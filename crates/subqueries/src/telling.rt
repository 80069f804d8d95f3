//! What is told of blocks.

ghost use Rattle.std.specs.Prelude.{◌≡◌, IfSome, Ok, is_ok, is_some};
ghost use Rattle.definitions.specs.Queries.Evaluation.{column_values, on_one, quantified};
ghost use Rattle.definitions.specs.Queries.Telling.{MayAnswer};
ghost use Rattle.sqlvalue.specs.Meaning.{op_of, value_of};
ghost use Rattle.sqlvalue.specs.Truths.{truth_of};
ghost use Rattle.parse_tree.specs.Trees.{quantifier_of};
ghost use Rattle.expr.specs.Answers.{values_answer_of};
ghost use Rattle.definitions_answers.specs.Told.{meaning_told};
ghost use Rattle.subqueries.specs.Telling.{told_in};

use crate::first_values::FirstValues;
use query_tree::Quantifier;
use sqlvalue::{ComparisonOperator, OwnedValue, Raise, Tri, Value};

/// What is told of a block: the first values of its rows, or one of its exceptions (own).
#[derive(Drop)]
pub enum Told {
    Values(FirstValues),
    Raised(Raise),
}

impl Told {
    /// The first values of the rows, lent; or the exception.
    pub fn first_values(&self) -> Result<&[OwnedValue], Raise>
        ensures { MayAnswer (on_one column_values (meaning_told (told_in self.now))) (values_answer_of result) }
    {
        match self {
            Told::Values(values) => Ok(values.as_slice()),
            Told::Raised(raise) => Err(*raise),
        }
    }

    /// About how many bytes of values it takes (own).
    pub(crate) fn bytes(&self) -> u64 {
        match self {
            Told::Values(values) => values.bytes(),
            Told::Raised(_) => 0,
        }
    }

    /// A value compared with all or any of the first values (ISO/IEC 9075:1992, 8.7); none where an exception was told.
    pub fn quantified_comparison(
        &self,
        op: ComparisonOperator,
        quantifier: Quantifier,
        value: &Value,
    ) -> Option<Tri>
        ensures truth { IfSome result (λ truth. MayAnswer
            (on_one (quantified (quantifier_of quantifier) (op_of op) (value_of value.now))
            (on_one column_values (meaning_told (told_in self.now)))) (Ok (truth_of truth))) }
        ensures given { is_some result ≡ is_ok (told_in self.now) }
    {
        match self {
            Told::Values(values) => Some(values.quantified_comparison(op, quantifier, value)),
            Told::Raised(_) => None,
        }
    }
}
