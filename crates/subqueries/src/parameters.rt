//! The parameters of blocks: columns of the rows around them.

ghost use Rattle.std.specs.Prelude.{◌≡◌, ◌++◌, [], ℕ, IfOk, OnOk, length, map};
ghost use Rattle.definitions_answers.specs.Parameters.{asked_blocks, lowered, own_parameters, parameters, parameters_in};
ghost use Rattle.query_tree.specs.Bound.{block_of, value_of};
ghost use Rattle.subqueries.specs.OuterColumns.{inner_parameters, outer_columns_of, parameters_at};

use crate::block_text::{asked_blocks, block_values};
use query_tree::{Block, BlockColumn, ValueExpr};
use std::alloc::{AllocError, Global};

/// A column of a block around: how many blocks lie between, and which column of that block (ISO/IEC 9075:1992, 6.4, an outer
/// reference).
#[derive(Clone, Copy, PartialEq, Eq)]
pub struct OuterColumn {
    pub between: usize,
    pub column: BlockColumn,
}

/// The parameters of each block of a statement, by its number: the outer columns in its text, and those in the blocks inside it, as
/// it has them, each as often as it stands there (own; the references of correlation subqueries in Selinger et al. 1979, section 6).
pub fn block_parameters(
    alloc: Global,
    blocks: &[Block],
) -> Result<Vec<Vec<OuterColumn>>, AllocError>
    ensures count { IfOk result (λ all. length all.items ≡ length blocks.now) }
    ensures exact { IfOk result (λ all. (number : ℕ) → parameters_at all.items number
        ≡ parameters (map block_of blocks.now) number) }
{
    let mut all = empty_lists(alloc, blocks.len())?;
    'numbers: for number in (0..blocks.len()).rev() {
        let own = parameters_of(alloc, &blocks[number], &all)?;
        all[number] = own;
    }
    Ok(all)
}

fn empty_lists(alloc: Global, count: usize) -> Result<Vec<Vec<OuterColumn>>, AllocError>
    ensures count { IfOk result (λ all. length all.items ≡ count) }
    ensures empty { IfOk result (λ all. (number : ℕ) → parameters_at all.items number ≡ []) }
{
    let mut all = Vec::new(alloc);
    'lists: for _number in 0..count {
        all.push(Vec::new(alloc))?;
    }
    Ok(all)
}

/// The parameters of a block, from those of the blocks inside it.
fn parameters_of(
    alloc: Global,
    block: &Block,
    inner: &[Vec<OuterColumn>],
) -> Result<Vec<OuterColumn>, AllocError>
    ensures { IfOk result (λ own. outer_columns_of own.items ≡ own_parameters (block_of block.now) ++ inner_parameters
        inner.now (asked_blocks (block_of block.now))) }
{
    let values = block_values(alloc, block)?;
    let asked = asked_blocks(alloc, block, &values)?;
    let mut columns = Vec::new(alloc);
    'values: for value in &values {
        push_parameters(&mut columns, value)?;
    }
    'numbers: for number in &asked {
        push_inner(&mut columns, inner, *number)?;
    }
    Ok(columns)
}

/// The outer columns in a value.
fn push_parameters(columns: &mut Vec<OuterColumn>, expr: &ValueExpr) -> Result<(), AllocError>
    ensures { OnOk result (outer_columns_of columns.new.items ≡ outer_columns_of columns.old.items ++ parameters_in
        (value_of expr.now)) }
{
    match expr {
        ValueExpr::Parameter {
            between,
            column,
            ..
        } => columns.extend_from_slice(&[OuterColumn {
            between: *between,
            column: *column,
        }]),
        ValueExpr::Signed { operand, .. } => push_parameters(columns, operand),
        ValueExpr::Chain { first, others } => {
            push_parameters(columns, first)?;
            for operand in others {
                push_parameters(columns, &operand.value)?;
            }
            Ok(())
        }
        _ => Ok(()),
    }
}

/// The parameters of an inner block, as the block around it has them.
fn push_inner(
    columns: &mut Vec<OuterColumn>,
    inner: &[Vec<OuterColumn>],
    number: usize,
) -> Result<(), AllocError>
    ensures { OnOk result (outer_columns_of columns.new.items ≡ outer_columns_of columns.old.items ++ lowered
        (parameters_at inner.now number)) }
{
    match inner.get(number) {
        Some(own) => push_lowered(columns, own),
        None => Ok(()),
    }
}

/// Outer columns of a block, as the block around it has them: its own columns are none of them.
fn push_lowered(columns: &mut Vec<OuterColumn>, inner: &[OuterColumn]) -> Result<(), AllocError>
    ensures { OnOk result (outer_columns_of columns.new.items ≡ outer_columns_of columns.old.items ++ lowered
        (outer_columns_of inner.now)) }
{
    'columns: for outer in inner {
        if outer.between > 0 {
            columns.push(OuterColumn {
                between: outer.between - 1,
                column: outer.column,
            })?;
        }
    }
    Ok(())
}
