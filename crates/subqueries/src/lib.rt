//! Subqueries: the rows around them, their parameters, what was told of them and is kept, and late conjuncts by it.
//!
//! In reading order: `first_values`, the first values of a block's rows; `telling`, what is told of a block; `frames`, the rows of
//! the blocks around; `block_text` and `parameters`, what a block takes from them; `kept_results`, what was told where they had these
//! values; `forgetting`, which of that is given up; `late`, what late conjuncts are evaluated in.
#![tactic(auto)]

mod block_text;
mod first_values;
mod forgetting;
mod frames;
mod kept_results;
mod late;
mod memory;
mod parameters;
mod telling;

pub use block_text::{blocks_asked, blocks_seen};
pub use first_values::FirstValues;
pub use forgetting::{bound_memory, key_of};
pub use frames::{Frames, WorkWatch};
pub use kept_results::KeptResults;
pub use late::Late;
pub use parameters::{OuterColumn, block_parameters};
pub use telling::Told;
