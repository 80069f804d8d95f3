//! The values in the text of a block, and the inner blocks that it asks for.

ghost use Rattle.std.specs.Prelude.{◌≡◌, ◌++◌, ◌∷◌, [], IfOk, IsPermutation, OnOk, flat_map, map, option_map};
ghost use Rattle.definitions.specs.Queries.Conjuncts.{blocks_in, blocks_of, values_of};
ghost use Rattle.definitions_answers.specs.Seen.{seen_blocks};
ghost use Rattle.definitions_answers.specs.Parameters.{arguments_of, asked_blocks, tested_of_option, values_in_block, values_of_option};
ghost use Rattle.query_tree.specs.Bound.{block_of, bound_function_of, condition_of};
ghost use Rattle.query_tree.specs.Walks.{conditions_in, trees_of};
ghost use Rattle.subqueries.specs.BlockText.{item_values, Rising};

use query_tree::{
    Aggregate, Block, Condition, Item, ValueExpr, push_blocks, push_compared, push_tested,
    push_values,
};
use std::alloc::{AllocError, Global};

/// All values in the text of a block: of its result columns, of WHERE and HAVING, and the arguments of its set functions (own).
pub(crate) fn block_values<'a>(
    alloc: Global,
    block: &'a Block,
) -> Result<Vec<&'a ValueExpr>, AllocError>
    ensures { IfOk result (λ values. trees_of values.items ≡ values_in_block (block_of block.now)) }
{
    let mut values = Vec::new(alloc);
    push_items(&mut values, &block.items)?;
    push_clause(&mut values, &block.condition)?;
    push_clause(&mut values, &block.having)?;
    push_arguments(&mut values, &block.functions)?;
    Ok(values)
}

/// The numbers of all inner blocks that the text of a block asks for: those in its values, and then those that its conditions test
/// (own). Its values are handed in.
pub(crate) fn asked_blocks(
    alloc: Global,
    block: &Block,
    values: &[&ValueExpr],
) -> Result<Vec<usize>, AllocError>
    requires { trees_of values.now ≡ values_in_block (block_of block.now) }
    ensures { IfOk result (λ asked. asked.items ≡ asked_blocks (block_of block.now)) }
{
    let mut asked = Vec::new(alloc);
    'values: for value in values {
        push_blocks(&mut asked, value)?;
    }
    push_clause_tested(&mut asked, &block.condition)?;
    push_clause_tested(&mut asked, &block.having)?;
    Ok(asked)
}

/// The numbers of the inner blocks that conditions ask for, rising (own).
pub fn blocks_asked(alloc: Global, conditions: &[&Condition]) -> Result<Vec<usize>, AllocError>
    ensures each { IfOk result (λ blocks. IsPermutation (flat_map blocks_of (conditions_in conditions.now))
        blocks.items) }
    ensures rising { IfOk result (λ blocks. Rising blocks.items) }
{
    let mut blocks = Vec::new(alloc);
    'conditions: for condition in conditions {
        push_asked(alloc, &mut blocks, condition)?;
    }
    blocks.sort_unstable();
    Ok(blocks)
}

/// The numbers of the inner blocks whose values conditions see: all that they ask for, but those that only EXISTS tests (own).
pub fn blocks_seen(alloc: Global, conditions: &[&Condition]) -> Result<Vec<usize>, AllocError>
    ensures { IfOk result (λ blocks. blocks.items ≡ flat_map seen_blocks (conditions_in conditions.now)) }
{
    let mut blocks = Vec::new(alloc);
    'conditions: for condition in conditions {
        push_compared(&mut blocks, condition)?;
        push_inner(alloc, &mut blocks, condition)?;
    }
    Ok(blocks)
}

/// The inner blocks that a condition asks for: those that it tests itself, and those in its values.
fn push_asked(
    alloc: Global,
    blocks: &mut Vec<usize>,
    condition: &Condition,
) -> Result<(), AllocError>
    ensures { OnOk result (blocks.new.items ≡ blocks.old.items ++ blocks_of (condition_of condition.now)) }
{
    push_tested(blocks, condition)?;
    push_inner(alloc, blocks, condition)
}

/// The inner blocks in the values of a condition.
fn push_inner(
    alloc: Global,
    blocks: &mut Vec<usize>,
    condition: &Condition,
) -> Result<(), AllocError>
    ensures { OnOk result (blocks.new.items ≡ blocks.old.items ++ flat_map blocks_in
        (values_of (condition_of condition.now))) }
{
    let mut values = Vec::new(alloc);
    push_values(&mut values, condition)?;
    'values: for value in &values {
        push_blocks(blocks, value)?;
    }
    Ok(())
}

fn push_items<'a>(values: &mut Vec<&'a ValueExpr>, items: &'a [Item]) -> Result<(), AllocError>
    ensures { OnOk result (trees_of values.new.items ≡ trees_of values.old.items ++ item_values items.now) }
{
    'items: for item in items {
        values.push(&item.value)?;
    }
    Ok(())
}

fn push_arguments<'a>(
    values: &mut Vec<&'a ValueExpr>,
    functions: &'a [Aggregate],
) -> Result<(), AllocError>
    ensures { OnOk result (trees_of values.new.items ≡ trees_of values.old.items ++ arguments_of
        (map bound_function_of functions.now)) }
{
    'functions: for function in functions {
        push_argument(values, function)?;
    }
    Ok(())
}

/// COUNT(*) has no argument (ISO/IEC 9075:1992, 6.5).
fn push_argument<'a>(
    values: &mut Vec<&'a ValueExpr>,
    function: &'a Aggregate,
) -> Result<(), AllocError>
    ensures { OnOk result (trees_of values.new.items ≡ trees_of values.old.items ++ arguments_of
        (bound_function_of function.now ∷ [])) }
{
    match function {
        Aggregate::CountRows => Ok(()),
        Aggregate::OfValues { argument, .. } => values.extend_from_slice(&[argument]),
    }
}

/// The values of WHERE or HAVING, where the block has it.
fn push_clause<'a>(
    values: &mut Vec<&'a ValueExpr>,
    clause: &'a Option<Condition>,
) -> Result<(), AllocError>
    ensures { OnOk result (trees_of values.new.items ≡ trees_of values.old.items ++ values_of_option
        (option_map condition_of clause.now)) }
{
    match clause {
        Some(condition) => push_values(values, condition),
        None => Ok(()),
    }
}

/// The inner blocks that WHERE or HAVING itself tests, where the block has it.
fn push_clause_tested(blocks: &mut Vec<usize>, clause: &Option<Condition>) -> Result<(), AllocError>
    ensures { OnOk result (blocks.new.items ≡ blocks.old.items ++ tested_of_option
        (option_map condition_of clause.now)) }
{
    match clause {
        Some(condition) => push_tested(blocks, condition),
        None => Ok(()),
    }
}
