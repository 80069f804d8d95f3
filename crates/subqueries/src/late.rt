//! What late conjuncts are evaluated in.

use crate::kept_results::KeptResults;
use expr::Environment;
use query_tree::{BlockColumn, Quantifier};
use sqlvalue::{ComparisonOperator, OwnedValue, Raise, Tri, Value};

/// An environment, with what was told last of each inner block, by its number, in place of its rows (own).
#[derive(Drop)]
pub struct Late<'a, S: Environment> {
    pub base: &'a S,
    pub results: &'a [KeptResults],
}

impl<'a, S: Environment> Environment for Late<'a, S> {
    ghost use Rattle.definitions_answers.specs.Told.{told_environment};
    ghost use Rattle.subqueries.specs.Keeping.{told_by};

    ghost environment = { λ l. told_environment (S.environment l.base.now) (told_by l.results.now) };

    fn cell(&self, column: BlockColumn) -> Value<'_> {
        self.base.cell(column)
    }

    fn parameter(&self, between: usize, column: BlockColumn) -> Value<'_> {
        self.base.parameter(between, column)
    }

    fn aggregate_value(&self, number: usize) -> Result<Value<'_>, Raise> {
        self.base.aggregate_value(number)
    }

    fn first_values(&self, block: usize) -> Result<&[OwnedValue], Raise> {
        match self.results.get(block) {
            Some(results) => results.first_values(),
            None => Ok(&[]),
        }
    }

    fn quantified_comparison(
        &self,
        op: ComparisonOperator,
        quantifier: Quantifier,
        value: &Value,
        block: usize,
    ) -> Option<Tri> {
        match self.results.get(block) {
            Some(results) => results.quantified_comparison(op, quantifier, value),
            None => None,
        }
    }
}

> _What this task involves_
Only the number should be given: the count of lines above that hold the word "length".

> _Result below_
3